*INPUT DATA*

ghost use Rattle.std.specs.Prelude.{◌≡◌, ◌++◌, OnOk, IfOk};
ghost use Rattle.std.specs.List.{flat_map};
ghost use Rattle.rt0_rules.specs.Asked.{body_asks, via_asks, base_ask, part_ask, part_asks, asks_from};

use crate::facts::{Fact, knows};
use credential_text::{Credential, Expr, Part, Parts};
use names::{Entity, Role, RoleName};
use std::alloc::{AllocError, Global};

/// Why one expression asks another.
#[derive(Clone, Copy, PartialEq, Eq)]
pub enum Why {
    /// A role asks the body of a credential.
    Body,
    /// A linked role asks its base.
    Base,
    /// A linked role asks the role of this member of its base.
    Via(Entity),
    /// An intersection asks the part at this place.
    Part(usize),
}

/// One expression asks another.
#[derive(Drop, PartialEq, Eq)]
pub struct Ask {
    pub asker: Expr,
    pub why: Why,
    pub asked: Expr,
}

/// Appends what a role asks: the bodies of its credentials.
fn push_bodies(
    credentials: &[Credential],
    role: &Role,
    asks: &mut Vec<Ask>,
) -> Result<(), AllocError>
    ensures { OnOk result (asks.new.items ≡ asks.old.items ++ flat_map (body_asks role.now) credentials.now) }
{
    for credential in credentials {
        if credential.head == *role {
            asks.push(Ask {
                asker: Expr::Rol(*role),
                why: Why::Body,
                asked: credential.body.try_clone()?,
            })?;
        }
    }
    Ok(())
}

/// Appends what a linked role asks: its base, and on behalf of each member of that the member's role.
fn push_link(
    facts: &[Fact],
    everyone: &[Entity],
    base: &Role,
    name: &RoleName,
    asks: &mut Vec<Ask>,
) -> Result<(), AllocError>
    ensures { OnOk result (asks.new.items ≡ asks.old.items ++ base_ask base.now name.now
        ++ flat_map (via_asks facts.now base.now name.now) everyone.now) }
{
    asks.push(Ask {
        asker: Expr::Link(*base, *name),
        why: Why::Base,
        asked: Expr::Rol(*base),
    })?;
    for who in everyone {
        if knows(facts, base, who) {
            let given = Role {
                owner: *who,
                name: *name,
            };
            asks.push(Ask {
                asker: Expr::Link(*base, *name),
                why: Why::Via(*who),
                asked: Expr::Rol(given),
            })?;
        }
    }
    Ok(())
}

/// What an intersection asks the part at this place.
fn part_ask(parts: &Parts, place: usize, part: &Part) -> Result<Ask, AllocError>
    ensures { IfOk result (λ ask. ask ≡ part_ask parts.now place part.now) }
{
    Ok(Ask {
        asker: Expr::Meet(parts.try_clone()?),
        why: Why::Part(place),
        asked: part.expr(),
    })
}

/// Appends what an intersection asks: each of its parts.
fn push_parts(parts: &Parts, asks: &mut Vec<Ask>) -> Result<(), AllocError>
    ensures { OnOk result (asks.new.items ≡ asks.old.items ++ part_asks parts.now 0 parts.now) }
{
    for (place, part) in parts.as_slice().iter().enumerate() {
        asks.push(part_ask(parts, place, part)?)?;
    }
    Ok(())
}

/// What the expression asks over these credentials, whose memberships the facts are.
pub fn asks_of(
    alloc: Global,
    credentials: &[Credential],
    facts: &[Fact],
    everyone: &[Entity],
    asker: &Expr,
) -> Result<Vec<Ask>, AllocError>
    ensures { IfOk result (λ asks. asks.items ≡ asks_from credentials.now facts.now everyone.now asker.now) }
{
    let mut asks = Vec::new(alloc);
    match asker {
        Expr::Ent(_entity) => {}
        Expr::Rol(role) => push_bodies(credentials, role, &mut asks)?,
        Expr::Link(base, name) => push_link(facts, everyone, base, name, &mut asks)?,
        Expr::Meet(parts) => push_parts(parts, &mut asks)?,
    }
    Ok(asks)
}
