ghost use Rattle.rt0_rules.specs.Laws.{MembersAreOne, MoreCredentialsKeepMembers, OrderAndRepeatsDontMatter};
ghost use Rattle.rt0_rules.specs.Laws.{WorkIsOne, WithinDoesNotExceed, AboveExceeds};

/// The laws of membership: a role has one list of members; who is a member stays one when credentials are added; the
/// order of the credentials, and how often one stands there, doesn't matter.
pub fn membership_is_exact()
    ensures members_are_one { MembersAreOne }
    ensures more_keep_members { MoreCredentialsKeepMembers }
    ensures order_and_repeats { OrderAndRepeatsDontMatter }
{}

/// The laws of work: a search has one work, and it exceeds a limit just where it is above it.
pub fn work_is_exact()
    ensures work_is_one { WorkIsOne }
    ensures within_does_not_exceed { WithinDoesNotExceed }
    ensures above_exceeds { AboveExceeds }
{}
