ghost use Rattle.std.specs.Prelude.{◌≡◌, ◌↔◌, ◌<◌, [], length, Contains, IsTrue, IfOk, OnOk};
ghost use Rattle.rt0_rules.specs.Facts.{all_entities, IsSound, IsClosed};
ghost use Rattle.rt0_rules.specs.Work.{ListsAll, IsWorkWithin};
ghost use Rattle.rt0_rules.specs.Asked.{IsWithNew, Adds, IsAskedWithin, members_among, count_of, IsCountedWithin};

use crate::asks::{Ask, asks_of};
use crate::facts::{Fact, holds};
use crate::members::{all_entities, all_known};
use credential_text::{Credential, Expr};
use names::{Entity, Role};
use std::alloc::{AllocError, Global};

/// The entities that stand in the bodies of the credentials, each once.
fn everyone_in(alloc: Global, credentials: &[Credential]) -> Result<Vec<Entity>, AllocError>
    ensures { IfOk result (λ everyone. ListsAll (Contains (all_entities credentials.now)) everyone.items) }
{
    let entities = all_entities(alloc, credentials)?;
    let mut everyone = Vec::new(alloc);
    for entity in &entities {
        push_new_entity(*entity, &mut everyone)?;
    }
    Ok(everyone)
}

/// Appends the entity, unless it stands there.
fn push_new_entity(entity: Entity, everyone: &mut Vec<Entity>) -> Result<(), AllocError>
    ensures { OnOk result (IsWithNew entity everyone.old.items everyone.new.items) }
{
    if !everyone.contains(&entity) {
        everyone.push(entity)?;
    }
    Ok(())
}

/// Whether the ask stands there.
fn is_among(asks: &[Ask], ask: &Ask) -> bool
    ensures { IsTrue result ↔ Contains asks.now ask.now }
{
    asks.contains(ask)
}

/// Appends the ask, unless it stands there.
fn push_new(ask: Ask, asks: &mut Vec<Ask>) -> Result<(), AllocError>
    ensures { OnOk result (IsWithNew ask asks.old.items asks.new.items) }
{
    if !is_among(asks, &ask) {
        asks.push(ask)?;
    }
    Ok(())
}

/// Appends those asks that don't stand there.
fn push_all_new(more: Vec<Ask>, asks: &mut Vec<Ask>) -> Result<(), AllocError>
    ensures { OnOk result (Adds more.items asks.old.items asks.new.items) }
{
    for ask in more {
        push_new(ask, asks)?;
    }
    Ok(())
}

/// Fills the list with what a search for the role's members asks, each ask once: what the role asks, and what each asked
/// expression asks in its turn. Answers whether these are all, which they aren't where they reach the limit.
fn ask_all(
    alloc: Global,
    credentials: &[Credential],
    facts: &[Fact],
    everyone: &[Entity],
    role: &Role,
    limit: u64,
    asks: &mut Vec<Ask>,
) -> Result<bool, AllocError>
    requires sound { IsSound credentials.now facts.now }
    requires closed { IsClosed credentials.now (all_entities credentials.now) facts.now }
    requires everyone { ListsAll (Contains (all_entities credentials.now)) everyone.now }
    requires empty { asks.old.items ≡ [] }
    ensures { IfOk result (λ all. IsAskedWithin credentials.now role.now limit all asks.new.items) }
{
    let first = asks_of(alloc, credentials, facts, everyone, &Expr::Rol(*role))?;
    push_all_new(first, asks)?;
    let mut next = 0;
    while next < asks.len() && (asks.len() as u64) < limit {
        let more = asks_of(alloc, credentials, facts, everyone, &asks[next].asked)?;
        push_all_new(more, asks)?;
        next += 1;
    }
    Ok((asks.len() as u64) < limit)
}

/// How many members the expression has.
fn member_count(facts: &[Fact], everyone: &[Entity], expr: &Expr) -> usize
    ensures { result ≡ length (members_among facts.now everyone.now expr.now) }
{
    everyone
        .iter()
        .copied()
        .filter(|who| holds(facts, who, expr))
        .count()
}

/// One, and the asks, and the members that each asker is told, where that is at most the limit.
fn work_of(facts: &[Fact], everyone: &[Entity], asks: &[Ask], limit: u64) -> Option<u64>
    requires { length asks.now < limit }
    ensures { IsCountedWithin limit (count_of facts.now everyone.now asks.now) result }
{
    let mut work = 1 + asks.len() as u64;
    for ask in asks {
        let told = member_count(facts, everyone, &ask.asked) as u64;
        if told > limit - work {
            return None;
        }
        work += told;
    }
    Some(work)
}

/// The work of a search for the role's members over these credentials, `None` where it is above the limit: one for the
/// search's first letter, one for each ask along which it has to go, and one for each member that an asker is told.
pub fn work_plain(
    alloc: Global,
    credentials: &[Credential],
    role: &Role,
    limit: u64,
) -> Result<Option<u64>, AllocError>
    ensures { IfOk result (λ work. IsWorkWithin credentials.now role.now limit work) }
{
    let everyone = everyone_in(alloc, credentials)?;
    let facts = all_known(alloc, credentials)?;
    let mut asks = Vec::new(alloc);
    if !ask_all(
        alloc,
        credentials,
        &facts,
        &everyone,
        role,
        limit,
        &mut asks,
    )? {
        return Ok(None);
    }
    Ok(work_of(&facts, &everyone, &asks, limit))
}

*WHAT TO PRODUCE*
After reading through the records, count the lines that hold the string "Appends" and give only the count.

*EXERCISE ANSWER*
6